To do: From the material below, return every line that includes "taken".
___ Dataset extract ___
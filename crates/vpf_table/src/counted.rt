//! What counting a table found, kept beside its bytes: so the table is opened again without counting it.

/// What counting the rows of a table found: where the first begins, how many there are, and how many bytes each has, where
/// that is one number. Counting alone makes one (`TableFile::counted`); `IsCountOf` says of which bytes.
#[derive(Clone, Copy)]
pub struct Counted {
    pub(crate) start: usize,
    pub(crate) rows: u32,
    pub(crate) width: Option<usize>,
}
___
___ Dataset extract ___
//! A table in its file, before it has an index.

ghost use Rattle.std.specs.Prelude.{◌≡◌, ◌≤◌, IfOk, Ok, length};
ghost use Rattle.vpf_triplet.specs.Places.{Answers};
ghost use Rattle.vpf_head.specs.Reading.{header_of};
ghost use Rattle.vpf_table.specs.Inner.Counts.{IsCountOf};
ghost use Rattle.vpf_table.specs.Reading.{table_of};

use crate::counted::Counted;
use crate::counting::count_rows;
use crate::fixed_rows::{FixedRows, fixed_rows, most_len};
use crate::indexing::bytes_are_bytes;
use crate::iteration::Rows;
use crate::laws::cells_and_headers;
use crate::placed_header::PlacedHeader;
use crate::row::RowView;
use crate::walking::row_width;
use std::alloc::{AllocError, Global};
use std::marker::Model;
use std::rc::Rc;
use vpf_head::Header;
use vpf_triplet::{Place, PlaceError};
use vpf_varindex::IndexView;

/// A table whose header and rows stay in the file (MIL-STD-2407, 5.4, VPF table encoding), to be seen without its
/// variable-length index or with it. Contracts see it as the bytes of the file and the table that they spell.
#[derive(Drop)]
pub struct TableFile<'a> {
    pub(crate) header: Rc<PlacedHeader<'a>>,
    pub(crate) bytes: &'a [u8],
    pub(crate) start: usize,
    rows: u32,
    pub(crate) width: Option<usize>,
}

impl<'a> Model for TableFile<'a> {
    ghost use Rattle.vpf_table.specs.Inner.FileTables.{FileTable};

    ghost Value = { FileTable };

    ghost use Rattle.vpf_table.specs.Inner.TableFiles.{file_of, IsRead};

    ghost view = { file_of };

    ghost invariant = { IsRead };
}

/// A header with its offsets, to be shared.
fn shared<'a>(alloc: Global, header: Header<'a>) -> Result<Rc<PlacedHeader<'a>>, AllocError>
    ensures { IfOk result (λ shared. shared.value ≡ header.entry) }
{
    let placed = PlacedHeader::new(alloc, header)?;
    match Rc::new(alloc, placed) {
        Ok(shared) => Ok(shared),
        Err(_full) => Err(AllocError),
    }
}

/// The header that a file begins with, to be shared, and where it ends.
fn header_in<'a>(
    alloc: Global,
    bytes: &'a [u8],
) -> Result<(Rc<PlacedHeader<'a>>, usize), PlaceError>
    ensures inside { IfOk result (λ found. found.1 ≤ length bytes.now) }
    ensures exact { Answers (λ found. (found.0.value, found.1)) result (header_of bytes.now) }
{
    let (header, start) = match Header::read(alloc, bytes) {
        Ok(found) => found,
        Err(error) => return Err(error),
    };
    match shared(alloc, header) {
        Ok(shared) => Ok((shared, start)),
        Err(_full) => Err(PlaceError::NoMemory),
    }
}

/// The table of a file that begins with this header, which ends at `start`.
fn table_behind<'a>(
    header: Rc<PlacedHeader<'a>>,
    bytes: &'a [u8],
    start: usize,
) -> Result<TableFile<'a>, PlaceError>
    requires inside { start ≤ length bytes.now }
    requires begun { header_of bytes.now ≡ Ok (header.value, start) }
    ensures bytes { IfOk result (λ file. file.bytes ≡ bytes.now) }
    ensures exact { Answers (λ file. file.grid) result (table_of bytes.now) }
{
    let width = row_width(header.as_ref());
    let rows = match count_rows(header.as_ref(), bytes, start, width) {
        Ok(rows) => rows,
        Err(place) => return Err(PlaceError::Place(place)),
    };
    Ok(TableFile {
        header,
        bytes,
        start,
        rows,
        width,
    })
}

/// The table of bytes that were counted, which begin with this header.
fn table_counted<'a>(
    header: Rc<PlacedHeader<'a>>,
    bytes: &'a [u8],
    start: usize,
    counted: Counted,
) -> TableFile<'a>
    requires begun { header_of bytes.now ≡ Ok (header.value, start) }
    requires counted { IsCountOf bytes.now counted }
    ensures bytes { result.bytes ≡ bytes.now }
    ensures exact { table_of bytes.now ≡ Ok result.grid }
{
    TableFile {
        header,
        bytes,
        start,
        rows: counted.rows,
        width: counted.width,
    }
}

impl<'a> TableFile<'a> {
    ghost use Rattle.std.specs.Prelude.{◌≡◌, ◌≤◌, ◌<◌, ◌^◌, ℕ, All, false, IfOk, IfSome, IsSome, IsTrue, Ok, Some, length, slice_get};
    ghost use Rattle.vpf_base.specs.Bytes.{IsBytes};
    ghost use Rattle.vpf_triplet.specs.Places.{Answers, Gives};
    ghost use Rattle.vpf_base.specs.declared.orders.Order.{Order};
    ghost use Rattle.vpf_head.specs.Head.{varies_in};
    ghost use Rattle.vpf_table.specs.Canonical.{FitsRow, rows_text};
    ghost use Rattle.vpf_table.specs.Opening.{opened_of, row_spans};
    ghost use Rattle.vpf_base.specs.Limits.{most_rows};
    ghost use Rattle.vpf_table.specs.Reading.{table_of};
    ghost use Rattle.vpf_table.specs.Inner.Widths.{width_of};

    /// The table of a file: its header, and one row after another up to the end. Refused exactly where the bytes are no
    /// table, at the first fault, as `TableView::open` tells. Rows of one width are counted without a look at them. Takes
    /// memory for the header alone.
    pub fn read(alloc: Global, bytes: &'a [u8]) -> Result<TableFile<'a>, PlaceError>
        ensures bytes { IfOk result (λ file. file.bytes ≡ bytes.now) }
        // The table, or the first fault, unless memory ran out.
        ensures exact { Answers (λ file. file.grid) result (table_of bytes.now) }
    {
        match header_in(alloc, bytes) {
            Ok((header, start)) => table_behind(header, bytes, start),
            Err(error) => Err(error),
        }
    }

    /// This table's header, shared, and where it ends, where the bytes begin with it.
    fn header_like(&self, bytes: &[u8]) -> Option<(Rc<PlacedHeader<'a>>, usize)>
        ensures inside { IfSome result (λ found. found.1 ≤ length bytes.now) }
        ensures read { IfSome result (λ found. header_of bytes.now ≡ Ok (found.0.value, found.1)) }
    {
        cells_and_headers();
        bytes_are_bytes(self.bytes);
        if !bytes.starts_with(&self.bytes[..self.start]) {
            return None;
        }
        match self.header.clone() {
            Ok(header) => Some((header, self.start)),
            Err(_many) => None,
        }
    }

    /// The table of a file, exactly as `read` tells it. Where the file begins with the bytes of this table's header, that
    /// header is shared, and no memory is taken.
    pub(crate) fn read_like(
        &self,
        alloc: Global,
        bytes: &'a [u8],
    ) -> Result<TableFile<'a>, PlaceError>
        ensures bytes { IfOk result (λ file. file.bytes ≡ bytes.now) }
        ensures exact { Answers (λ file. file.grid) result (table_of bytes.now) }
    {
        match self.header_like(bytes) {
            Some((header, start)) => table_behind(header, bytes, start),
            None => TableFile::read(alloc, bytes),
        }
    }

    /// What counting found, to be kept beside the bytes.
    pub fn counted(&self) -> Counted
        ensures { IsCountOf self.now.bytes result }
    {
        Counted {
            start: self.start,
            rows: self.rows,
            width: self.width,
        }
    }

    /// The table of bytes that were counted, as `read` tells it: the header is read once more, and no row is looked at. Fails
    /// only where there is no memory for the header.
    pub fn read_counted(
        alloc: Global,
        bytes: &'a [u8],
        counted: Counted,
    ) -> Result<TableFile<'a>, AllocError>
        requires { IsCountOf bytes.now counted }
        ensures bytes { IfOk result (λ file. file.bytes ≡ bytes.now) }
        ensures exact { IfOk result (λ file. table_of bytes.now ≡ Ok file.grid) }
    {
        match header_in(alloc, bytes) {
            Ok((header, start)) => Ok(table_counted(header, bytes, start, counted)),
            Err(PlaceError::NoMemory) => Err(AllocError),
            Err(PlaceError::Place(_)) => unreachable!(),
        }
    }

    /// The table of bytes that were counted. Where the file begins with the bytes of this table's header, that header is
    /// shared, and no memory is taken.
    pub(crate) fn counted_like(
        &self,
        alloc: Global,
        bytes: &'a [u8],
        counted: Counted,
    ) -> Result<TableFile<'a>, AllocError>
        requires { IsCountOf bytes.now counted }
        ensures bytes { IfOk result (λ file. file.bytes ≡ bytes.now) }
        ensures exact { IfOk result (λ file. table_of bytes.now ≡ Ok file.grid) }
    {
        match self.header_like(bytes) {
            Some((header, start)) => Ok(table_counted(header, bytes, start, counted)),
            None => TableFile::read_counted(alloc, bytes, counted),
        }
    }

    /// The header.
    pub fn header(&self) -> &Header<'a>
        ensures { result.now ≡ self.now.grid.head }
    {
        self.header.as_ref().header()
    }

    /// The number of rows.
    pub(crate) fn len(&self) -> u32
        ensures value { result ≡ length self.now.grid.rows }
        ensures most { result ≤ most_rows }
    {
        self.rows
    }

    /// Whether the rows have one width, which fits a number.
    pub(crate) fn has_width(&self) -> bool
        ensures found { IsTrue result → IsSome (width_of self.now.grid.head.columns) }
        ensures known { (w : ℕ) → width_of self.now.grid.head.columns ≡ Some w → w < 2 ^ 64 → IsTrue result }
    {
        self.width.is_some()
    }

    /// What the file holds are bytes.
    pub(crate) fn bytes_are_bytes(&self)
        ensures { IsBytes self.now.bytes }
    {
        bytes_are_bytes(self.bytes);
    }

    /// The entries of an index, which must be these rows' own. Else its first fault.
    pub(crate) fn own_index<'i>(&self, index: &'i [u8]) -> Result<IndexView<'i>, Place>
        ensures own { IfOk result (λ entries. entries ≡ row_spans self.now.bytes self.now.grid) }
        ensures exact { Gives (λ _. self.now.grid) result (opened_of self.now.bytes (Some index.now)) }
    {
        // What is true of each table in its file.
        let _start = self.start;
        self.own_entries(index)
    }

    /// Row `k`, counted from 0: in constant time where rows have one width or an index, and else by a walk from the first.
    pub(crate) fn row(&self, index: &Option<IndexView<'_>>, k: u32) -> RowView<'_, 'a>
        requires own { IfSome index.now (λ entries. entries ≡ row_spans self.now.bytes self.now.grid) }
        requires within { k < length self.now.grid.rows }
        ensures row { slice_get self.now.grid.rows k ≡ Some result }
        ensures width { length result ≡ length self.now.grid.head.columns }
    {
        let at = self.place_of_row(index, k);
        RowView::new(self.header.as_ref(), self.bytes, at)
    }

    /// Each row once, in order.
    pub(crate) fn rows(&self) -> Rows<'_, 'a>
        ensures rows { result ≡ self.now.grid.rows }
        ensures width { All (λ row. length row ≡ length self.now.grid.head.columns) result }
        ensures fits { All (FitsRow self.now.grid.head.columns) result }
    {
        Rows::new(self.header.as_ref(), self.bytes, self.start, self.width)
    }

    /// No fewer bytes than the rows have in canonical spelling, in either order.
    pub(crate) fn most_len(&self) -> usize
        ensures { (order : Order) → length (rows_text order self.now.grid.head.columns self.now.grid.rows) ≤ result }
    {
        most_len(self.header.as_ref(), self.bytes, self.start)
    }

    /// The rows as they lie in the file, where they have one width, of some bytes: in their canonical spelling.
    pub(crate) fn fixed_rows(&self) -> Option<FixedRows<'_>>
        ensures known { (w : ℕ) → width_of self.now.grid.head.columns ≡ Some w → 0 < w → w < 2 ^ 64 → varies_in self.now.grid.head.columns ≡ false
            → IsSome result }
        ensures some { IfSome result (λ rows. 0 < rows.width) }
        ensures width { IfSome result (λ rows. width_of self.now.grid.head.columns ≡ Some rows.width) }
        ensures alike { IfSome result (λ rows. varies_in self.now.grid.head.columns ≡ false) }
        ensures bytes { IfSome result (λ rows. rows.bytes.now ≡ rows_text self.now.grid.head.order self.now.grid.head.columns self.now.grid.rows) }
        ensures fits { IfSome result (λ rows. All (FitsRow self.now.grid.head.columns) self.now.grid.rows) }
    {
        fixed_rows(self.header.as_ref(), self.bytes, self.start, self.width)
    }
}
___
___ Dataset extract ___
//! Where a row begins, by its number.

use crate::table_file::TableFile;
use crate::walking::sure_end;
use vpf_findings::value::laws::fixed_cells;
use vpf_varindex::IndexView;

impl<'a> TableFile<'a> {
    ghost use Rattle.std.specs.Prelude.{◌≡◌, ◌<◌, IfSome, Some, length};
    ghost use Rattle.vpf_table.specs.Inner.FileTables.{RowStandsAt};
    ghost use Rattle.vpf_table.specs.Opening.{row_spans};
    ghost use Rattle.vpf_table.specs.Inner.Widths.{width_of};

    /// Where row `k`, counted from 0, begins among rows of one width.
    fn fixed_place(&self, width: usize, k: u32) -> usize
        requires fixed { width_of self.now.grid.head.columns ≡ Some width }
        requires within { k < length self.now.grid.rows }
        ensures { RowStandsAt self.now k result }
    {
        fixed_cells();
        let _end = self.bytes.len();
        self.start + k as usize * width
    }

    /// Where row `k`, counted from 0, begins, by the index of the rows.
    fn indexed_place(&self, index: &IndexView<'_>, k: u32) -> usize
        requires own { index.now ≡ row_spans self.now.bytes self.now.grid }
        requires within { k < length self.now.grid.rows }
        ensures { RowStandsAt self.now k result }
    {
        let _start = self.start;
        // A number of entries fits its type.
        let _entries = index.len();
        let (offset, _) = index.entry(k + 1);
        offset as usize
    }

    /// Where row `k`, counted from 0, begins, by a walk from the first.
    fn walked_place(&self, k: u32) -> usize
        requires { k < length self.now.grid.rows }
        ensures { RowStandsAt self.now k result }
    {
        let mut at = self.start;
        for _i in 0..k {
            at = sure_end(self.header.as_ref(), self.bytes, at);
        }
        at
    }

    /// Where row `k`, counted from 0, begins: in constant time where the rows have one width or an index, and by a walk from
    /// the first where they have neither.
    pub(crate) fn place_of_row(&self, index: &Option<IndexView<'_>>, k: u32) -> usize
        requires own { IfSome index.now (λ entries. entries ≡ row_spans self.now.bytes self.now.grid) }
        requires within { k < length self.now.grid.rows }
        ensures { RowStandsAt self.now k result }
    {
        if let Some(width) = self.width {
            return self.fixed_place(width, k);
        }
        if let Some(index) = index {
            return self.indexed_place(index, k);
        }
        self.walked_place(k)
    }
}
___
Exercise result:
    /// header is shared, and no memory is taken.
    /// shared, and no memory is taken.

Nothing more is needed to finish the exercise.